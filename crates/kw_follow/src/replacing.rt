//! The events that find the row before the full one, link the new rows in place of its group, make
//! them normal and retire the rows of the group, each by its own step of the table.
//!
//! What the local does next says which step it is, as in `putting`; up to the exchange of the link
//! `building` asks for it, and behind that `go_finish`. The walk to the row before begins at a
//! guessed row mostly, and ends there; a walk from the first row is put together in `going`. After
//! it the same call enters anew: it takes the epoch back that it announced, and loads the epoch, by
//! `go_anew`.
ghost use Rattle.std.specs.Prelude.{◌≡◌, ◌<◌, Some};
ghost use Rattle.kw_words.specs.Link.{link_word};
ghost use Rattle.kw_world.specs.ReplaceTransitions.{first_infant, replaced_link};
ghost use Rattle.kw_world.specs.Transition.{row_or_first};
ghost use Rattle.kw_world.specs.WriteTransitions.{unmarked_link};
ghost use Rattle.kw_follow.specs.Following.{Follows};
ghost use Rattle.kw_follow.specs.Moving.{FollowsAt, Moves, WentOn};
ghost use Rattle.kw_follow.specs.Within.{IsWithinCall};

use crate::engaging::rebalance_on;
use crate::going::event;
use kw_step_rebal::infant::infant;
use kw_table::{
    Pass, Shared, add_epoch, clear_pass, load_epoch, load_least, load_link, load_state, normalise,
    replace, retire,
};
use kw_words::layout::Name;
use kw_words::plain::pack_pass;
use kw_words::state::State;
use kw_world::activity::Activity;
use kw_world::activity::enter::Enter;
use kw_world::activity::rebalance::Rebalance;
use kw_world::activity::rebalance::replace::Replace;
use kw_world::event::{Choice, StepDone};
use kw_world::local::Local;

// The row at which the walk to the row before the full one is, and row 0 where it is at none.
#[inline(always)]
fn row_before(local: &Local) -> u32
    ensures { result ≡ row_or_first local.now.rebalance.before }
{
    local.rebalance.before.unwrap_or(0)
}

// The link that leads to the full row: that after the row before it, or the one to the first row.
#[inline(always)]
fn link_before(local: &Local) -> Name
    ensures { result ≡ replaced_link local.now.rebalance.before }
{
    match local.rebalance.before {
        Some(row) => Name::Next(row),
        None => Name::Head,
    }
}

// The first of the new rows, and row 0 where there is none.
#[inline(always)]
fn first_new(local: &Local) -> u32
    ensures { result ≡ first_infant local.now }
{
    match local.rebalance.taken.as_slice().first() {
        Some(row) => *row,
        None => 0,
    }
}

// The word for an unmarked link to this row, whatever number the row has.
#[inline(always)]
fn link_to(row: u32) -> u64
    ensures { result ≡ link_word (unmarked_link (Some row)) }
{
    row as u64 + 1
}

// Loads the state of a row of the table, at which the walk is to begin.
#[inline(always)]
pub(crate) fn load_state_before(
    shared: &Shared,
    pass: &mut Pass,
    local: &mut Local,
    row: u32,
) -> StepDone
    requires at { FollowsAt shared.now pass.old local.old
        (Activity.Rebalance (Rebalance.Replace Replace.Start)) }
    requires in_range { row < shared.now.opening.rows }
    ensures { Moves shared.now pass.old local.old (Choice.Guess row) pass.new local.new result }
{
    let choice = Choice::Guess(row);
    let told = load_state(shared, pass, choice, Name::State(row));
    rebalance_on(shared, local, choice, told)
}

// Loads the least key of that row.
#[inline(always)]
pub(crate) fn load_least_before(shared: &Shared, pass: &mut Pass, local: &mut Local) -> StepDone
    requires { FollowsAt shared.now pass.old local.old
        (Activity.Rebalance (Rebalance.Replace Replace.GuessedLeast)) }
    ensures { Moves shared.now pass.old local.old Choice.Go pass.new local.new result }
{
    let word = Name::Least(row_before(local));
    let told = load_least(shared, pass, word);
    rebalance_on(shared, local, Choice::Go, told)
}

// Loads the link after the row at which the walk is.
#[inline(always)]
pub(crate) fn load_link_before(shared: &Shared, pass: &mut Pass, local: &mut Local) -> StepDone
    requires { FollowsAt shared.now pass.old local.old
        (Activity.Rebalance (Rebalance.Replace Replace.Next)) }
    ensures { Moves shared.now pass.old local.old Choice.Go pass.new local.new result }
{
    let word = Name::Next(row_before(local));
    let told = load_link(shared, pass, word);
    rebalance_on(shared, local, Choice::Go, told)
}

// Exchanges the link to the full row for one to the first of the new rows.
#[inline(always)]
pub(crate) fn link_new_rows(shared: &Shared, pass: &mut Pass, local: &mut Local) -> StepDone
    requires { FollowsAt shared.now pass.old local.old
        (Activity.Rebalance (Rebalance.Replace Replace.Exchange)) }
    ensures { Moves shared.now pass.old local.old Choice.Go pass.new local.new result }
{
    let link = link_before(local);
    let full = link_to(local.row);
    let new = link_to(first_new(local));
    let told = replace(shared, pass, link, full, new);
    rebalance_on(shared, local, Choice::Go, told)
}

// Exchanges the state of the new row at hand, an infant of this seat, for the normal one.
#[inline(always)]
fn make_normal(shared: &Shared, pass: &mut Pass, local: &mut Local) -> StepDone
    requires { FollowsAt shared.now pass.old local.old
        (Activity.Rebalance (Rebalance.Replace Replace.Normalise)) }
    ensures { Moves shared.now pass.old local.old Choice.Go pass.new local.new result }
{
    let state = Name::State(infant(local));
    let own = State::Infant(pass.number()).pack();
    let normal = State::Normal.pack();
    let told = normalise(shared, pass, state, own, normal);
    rebalance_on(shared, local, Choice::Go, told)
}

// Adds one to the epoch.
#[inline(always)]
fn draw_number(shared: &Shared, pass: &mut Pass, local: &mut Local) -> StepDone
    requires { FollowsAt shared.now pass.old local.old
        (Activity.Rebalance (Rebalance.Replace Replace.Number)) }
    ensures { Moves shared.now pass.old local.old Choice.Go pass.new local.new result }
{
    let told = add_epoch(shared, pass, Name::Epoch, 1);
    rebalance_on(shared, local, Choice::Go, told)
}

// Stores that the row at hand is retired with that number.
#[inline(always)]
fn retire_row(shared: &Shared, pass: &mut Pass, local: &mut Local) -> StepDone
    requires { FollowsAt shared.now pass.old local.old
        (Activity.Rebalance (Rebalance.Replace Replace.Retire)) }
    ensures { Moves shared.now pass.old local.old Choice.Go pass.new local.new result }
{
    let state = Name::State(local.rebalance.hand);
    let retired = State::Retired(local.rebalance.number).pack();
    let told = retire(shared, pass, state, retired);
    rebalance_on(shared, local, Choice::Go, told)
}

// The next event of a rebalance whose new rows are linked, by what the local does next.
#[inline(always)]
fn finish_event(shared: &Shared, pass: &mut Pass, local: &mut Local) -> StepDone
    requires follows { Follows shared.now pass.old local.old }
    requires within { IsWithinCall local.old.activity }
    ensures { Moves shared.now pass.old local.old Choice.Go pass.new local.new result }
{
    match local.activity {
        Activity::Rebalance(Rebalance::Replace(Replace::Normalise)) => make_normal(
            shared, pass, local,
        ),
        Activity::Rebalance(Rebalance::Replace(Replace::Number)) => draw_number(
            shared, pass, local,
        ),
        Activity::Rebalance(Rebalance::Replace(Replace::Retire)) => retire_row(shared, pass, local),
        _ => event(shared, pass, local, Choice::Go),
    }
}

/// Makes the next event of a rebalance whose new rows are linked, as `go` does with the choice
/// `Go`. Takes no memory.
#[inline(always)]
pub fn go_finish(shared: &Shared, pass: &mut Pass, local: &mut Local)
    requires follows { Follows shared.now pass.old local.old }
    requires within { IsWithinCall local.old.activity }
    ensures { WentOn shared.now pass.old local.old Choice.Go pass.new local.new }
{
    finish_event(shared, pass, local);
}

// Stores that the seat announces no epoch, where it is to enter anew.
#[inline(always)]
fn take_epoch_back(shared: &Shared, pass: &mut Pass, local: &mut Local) -> StepDone
    requires { FollowsAt shared.now pass.old local.old Activity.Retry }
    ensures { Moves shared.now pass.old local.old Choice.Go pass.new local.new result }
{
    let word = Name::Pass(pass.number());
    let none = pack_pass(None);
    let told = clear_pass(shared, pass, word, none);
    rebalance_on(shared, local, Choice::Go, told)
}

// Loads the epoch again, to announce it.
#[inline(always)]
fn load_epoch_anew(shared: &Shared, pass: &mut Pass, local: &mut Local) -> StepDone
    requires { FollowsAt shared.now pass.old local.old (Activity.Enter Enter.LoadEpoch) }
    ensures { Moves shared.now pass.old local.old Choice.Go pass.new local.new result }
{
    let told = load_epoch(shared, pass, Choice::Go, Name::Epoch);
    rebalance_on(shared, local, Choice::Go, told)
}

// The next event of a call that is to enter anew, by what the local does next.
#[inline(always)]
fn anew_event(shared: &Shared, pass: &mut Pass, local: &mut Local) -> StepDone
    requires follows { Follows shared.now pass.old local.old }
    requires within { IsWithinCall local.old.activity }
    ensures { Moves shared.now pass.old local.old Choice.Go pass.new local.new result }
{
    match local.activity {
        Activity::Retry => take_epoch_back(shared, pass, local),
        Activity::Enter(Enter::LoadEpoch) => load_epoch_anew(shared, pass, local),
        _ => event(shared, pass, local, Choice::Go),
    }
}

/// Makes the next event of a call that is to enter anew, as `go` does with the choice `Go`. Takes
/// no memory.
#[inline(always)]
pub fn go_anew(shared: &Shared, pass: &mut Pass, local: &mut Local)
    requires follows { Follows shared.now pass.old local.old }
    requires within { IsWithinCall local.old.activity }
    ensures { WentOn shared.now pass.old local.old Choice.Go pass.new local.new }
{
    anew_event(shared, pass, local);
}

○ ○ ○ ○ ○

* [Prompt]: Filter the data, keeping only the lines that contain "whose".

* [Finished exercise]:
// The next event of a rebalance whose new rows are linked, by what the local does next.
/// Makes the next event of a rebalance whose new rows are linked, as `go` does with the choice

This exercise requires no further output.